_Work item_
In the records below, begin at the line that has "let mark = stem.mark();" and stop after the line that has "fn extensions(alloc: Global, q: &Request, job: &Job)"; quote those lines verbatim and nothing more.

_Exercise input_
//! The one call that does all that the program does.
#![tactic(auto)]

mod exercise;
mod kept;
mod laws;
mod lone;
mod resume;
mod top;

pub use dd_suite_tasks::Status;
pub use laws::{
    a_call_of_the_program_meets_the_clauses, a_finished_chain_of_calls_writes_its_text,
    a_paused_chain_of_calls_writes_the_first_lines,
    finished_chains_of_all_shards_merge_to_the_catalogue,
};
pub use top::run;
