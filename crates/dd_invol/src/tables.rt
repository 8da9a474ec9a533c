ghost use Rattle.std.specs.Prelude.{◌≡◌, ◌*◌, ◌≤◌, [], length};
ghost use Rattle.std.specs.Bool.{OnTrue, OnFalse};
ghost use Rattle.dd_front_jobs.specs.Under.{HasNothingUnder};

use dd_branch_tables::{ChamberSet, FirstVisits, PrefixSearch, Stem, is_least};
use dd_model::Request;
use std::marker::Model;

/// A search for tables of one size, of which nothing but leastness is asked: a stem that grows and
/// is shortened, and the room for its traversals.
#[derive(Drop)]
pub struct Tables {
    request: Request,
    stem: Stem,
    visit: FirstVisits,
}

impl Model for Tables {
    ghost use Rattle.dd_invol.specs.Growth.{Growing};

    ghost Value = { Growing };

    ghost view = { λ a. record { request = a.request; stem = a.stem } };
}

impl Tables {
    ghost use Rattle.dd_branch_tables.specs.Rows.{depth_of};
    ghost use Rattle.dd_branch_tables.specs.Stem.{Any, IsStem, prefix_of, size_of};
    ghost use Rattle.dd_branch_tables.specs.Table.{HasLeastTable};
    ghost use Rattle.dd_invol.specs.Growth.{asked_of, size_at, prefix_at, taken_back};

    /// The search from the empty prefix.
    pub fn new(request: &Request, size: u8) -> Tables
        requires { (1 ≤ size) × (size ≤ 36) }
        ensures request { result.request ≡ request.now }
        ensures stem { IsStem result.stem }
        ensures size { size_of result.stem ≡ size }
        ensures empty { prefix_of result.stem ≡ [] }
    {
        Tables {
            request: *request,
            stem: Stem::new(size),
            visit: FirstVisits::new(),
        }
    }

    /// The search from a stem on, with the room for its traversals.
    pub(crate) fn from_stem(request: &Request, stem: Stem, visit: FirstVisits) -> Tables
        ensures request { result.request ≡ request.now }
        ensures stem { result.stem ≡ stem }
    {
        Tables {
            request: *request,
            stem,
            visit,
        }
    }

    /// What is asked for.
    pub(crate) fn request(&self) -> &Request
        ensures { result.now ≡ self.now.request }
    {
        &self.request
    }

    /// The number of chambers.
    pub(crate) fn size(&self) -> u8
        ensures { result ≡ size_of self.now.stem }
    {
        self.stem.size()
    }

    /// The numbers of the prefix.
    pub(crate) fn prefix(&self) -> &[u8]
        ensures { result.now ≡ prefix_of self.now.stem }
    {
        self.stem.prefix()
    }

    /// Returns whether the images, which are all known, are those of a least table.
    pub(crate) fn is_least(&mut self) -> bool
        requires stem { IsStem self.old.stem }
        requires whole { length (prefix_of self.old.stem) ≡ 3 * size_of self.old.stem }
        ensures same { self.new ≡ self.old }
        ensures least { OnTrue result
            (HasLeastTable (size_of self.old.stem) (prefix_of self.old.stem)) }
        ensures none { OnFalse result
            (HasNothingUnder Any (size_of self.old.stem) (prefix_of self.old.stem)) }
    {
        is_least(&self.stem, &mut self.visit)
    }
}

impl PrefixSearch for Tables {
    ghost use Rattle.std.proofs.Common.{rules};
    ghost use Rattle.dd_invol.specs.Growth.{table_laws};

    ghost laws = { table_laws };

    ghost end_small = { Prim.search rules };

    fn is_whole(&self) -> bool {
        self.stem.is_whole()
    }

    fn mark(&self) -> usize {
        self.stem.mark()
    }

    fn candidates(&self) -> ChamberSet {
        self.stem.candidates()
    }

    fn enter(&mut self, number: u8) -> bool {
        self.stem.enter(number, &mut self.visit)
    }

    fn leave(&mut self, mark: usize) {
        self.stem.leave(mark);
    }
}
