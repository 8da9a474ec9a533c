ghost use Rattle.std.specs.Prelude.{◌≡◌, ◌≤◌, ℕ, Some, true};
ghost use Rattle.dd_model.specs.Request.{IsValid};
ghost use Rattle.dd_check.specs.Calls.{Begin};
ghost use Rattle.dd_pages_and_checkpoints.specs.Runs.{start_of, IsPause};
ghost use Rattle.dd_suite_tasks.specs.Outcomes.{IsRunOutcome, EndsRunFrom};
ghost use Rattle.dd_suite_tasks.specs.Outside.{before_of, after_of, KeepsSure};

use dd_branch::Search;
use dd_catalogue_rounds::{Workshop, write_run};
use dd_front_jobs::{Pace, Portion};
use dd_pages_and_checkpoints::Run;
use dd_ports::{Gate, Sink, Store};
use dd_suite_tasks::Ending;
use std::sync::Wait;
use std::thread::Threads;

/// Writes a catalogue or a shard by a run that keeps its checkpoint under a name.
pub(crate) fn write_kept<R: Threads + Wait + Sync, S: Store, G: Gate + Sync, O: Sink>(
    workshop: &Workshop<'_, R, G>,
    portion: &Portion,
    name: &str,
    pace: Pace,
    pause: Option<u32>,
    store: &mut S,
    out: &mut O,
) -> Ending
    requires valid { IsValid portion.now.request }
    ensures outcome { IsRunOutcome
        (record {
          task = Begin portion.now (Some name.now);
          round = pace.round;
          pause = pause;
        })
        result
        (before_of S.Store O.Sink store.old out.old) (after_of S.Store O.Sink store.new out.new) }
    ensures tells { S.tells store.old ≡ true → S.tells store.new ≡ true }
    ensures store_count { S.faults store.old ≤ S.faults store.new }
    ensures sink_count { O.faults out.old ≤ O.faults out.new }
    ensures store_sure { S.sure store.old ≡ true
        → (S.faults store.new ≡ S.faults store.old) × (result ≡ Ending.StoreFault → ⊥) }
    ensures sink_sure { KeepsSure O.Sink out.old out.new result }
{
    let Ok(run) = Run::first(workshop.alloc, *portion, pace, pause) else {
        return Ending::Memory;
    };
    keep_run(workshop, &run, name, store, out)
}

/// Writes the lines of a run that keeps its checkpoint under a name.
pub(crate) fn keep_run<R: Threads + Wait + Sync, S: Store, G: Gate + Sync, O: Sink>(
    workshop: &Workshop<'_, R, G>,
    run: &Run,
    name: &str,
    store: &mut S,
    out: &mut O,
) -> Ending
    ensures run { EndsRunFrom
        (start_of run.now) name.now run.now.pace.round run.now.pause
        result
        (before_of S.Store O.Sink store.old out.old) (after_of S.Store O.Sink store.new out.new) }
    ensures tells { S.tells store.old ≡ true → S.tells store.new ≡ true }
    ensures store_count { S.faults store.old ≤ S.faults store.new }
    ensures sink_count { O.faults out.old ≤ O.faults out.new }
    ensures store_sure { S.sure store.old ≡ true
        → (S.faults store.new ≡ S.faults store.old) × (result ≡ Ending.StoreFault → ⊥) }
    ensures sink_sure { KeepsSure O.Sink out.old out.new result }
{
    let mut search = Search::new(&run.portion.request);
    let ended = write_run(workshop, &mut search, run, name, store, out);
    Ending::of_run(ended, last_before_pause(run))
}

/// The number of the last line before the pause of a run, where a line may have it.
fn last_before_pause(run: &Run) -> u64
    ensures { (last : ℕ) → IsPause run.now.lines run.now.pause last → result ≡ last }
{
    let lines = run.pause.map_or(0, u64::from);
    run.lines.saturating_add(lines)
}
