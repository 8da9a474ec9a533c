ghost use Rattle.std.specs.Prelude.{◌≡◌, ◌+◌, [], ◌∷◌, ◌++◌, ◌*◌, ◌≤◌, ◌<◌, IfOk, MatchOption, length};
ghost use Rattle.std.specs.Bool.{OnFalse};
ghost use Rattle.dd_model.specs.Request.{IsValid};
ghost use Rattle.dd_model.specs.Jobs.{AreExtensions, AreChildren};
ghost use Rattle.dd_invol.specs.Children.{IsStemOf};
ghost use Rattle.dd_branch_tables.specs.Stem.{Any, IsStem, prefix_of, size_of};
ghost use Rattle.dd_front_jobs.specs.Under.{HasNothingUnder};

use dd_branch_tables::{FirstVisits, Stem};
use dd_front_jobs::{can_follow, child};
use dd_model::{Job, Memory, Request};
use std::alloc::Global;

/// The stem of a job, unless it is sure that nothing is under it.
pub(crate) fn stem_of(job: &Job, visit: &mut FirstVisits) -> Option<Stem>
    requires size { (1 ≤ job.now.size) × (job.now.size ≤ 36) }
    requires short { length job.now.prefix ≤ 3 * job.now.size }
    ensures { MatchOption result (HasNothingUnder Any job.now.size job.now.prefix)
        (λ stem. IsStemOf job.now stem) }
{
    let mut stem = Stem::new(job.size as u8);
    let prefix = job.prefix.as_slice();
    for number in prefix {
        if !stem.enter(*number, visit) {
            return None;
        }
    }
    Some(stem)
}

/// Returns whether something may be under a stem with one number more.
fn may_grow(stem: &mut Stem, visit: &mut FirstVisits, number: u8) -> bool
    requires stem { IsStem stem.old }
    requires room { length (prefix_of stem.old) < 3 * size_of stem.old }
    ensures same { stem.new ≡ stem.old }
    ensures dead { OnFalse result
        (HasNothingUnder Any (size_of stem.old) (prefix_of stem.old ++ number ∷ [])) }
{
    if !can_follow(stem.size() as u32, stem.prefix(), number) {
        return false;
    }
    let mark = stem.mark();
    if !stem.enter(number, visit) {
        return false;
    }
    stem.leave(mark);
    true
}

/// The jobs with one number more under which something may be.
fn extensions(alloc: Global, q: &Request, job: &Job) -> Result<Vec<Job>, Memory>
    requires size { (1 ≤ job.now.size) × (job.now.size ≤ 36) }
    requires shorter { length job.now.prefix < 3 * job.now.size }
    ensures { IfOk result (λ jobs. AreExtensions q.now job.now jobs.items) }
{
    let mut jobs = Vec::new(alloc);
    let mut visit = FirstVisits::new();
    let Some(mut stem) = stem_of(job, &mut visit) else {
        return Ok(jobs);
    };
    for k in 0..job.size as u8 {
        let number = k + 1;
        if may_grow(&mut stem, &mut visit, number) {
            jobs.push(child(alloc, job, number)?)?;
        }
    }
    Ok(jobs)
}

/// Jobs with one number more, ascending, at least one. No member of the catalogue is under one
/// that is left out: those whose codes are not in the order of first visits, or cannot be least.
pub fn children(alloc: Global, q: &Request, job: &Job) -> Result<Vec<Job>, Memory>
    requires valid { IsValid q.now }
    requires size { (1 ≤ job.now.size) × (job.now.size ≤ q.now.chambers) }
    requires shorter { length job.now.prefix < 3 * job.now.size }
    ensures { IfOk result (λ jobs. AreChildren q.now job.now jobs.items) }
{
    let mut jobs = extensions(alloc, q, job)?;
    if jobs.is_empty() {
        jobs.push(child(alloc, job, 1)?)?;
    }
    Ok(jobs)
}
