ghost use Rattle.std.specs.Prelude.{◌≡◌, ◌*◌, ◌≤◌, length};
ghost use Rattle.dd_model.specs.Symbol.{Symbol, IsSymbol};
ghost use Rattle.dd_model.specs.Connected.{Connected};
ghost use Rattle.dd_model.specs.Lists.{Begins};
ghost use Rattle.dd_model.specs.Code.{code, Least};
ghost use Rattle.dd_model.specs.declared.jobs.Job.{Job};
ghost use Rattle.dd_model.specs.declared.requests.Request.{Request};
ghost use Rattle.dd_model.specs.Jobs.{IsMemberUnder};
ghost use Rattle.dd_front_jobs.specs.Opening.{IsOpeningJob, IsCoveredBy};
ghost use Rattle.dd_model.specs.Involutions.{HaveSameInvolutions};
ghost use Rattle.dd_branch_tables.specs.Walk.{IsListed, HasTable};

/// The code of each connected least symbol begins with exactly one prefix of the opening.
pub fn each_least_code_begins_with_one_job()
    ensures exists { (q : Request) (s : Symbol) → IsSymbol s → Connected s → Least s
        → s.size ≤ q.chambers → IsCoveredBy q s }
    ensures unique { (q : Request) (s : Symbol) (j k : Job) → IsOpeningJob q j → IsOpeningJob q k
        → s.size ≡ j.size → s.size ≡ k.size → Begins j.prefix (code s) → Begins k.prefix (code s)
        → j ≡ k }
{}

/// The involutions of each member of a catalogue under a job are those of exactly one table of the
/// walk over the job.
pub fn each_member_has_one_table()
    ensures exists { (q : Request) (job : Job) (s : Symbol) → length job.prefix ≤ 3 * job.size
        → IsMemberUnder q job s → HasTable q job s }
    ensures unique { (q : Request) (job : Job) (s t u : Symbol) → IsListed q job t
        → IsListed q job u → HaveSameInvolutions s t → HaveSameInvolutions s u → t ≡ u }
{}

_Task response_
    let mark = stem.mark();
    if !stem.enter(number, visit) {
        return false;
    }
    stem.leave(mark);
    true
}

/// The jobs with one number more under which something may be.
fn extensions(alloc: Global, q: &Request, job: &Job) -> Result<Vec<Job>, Memory>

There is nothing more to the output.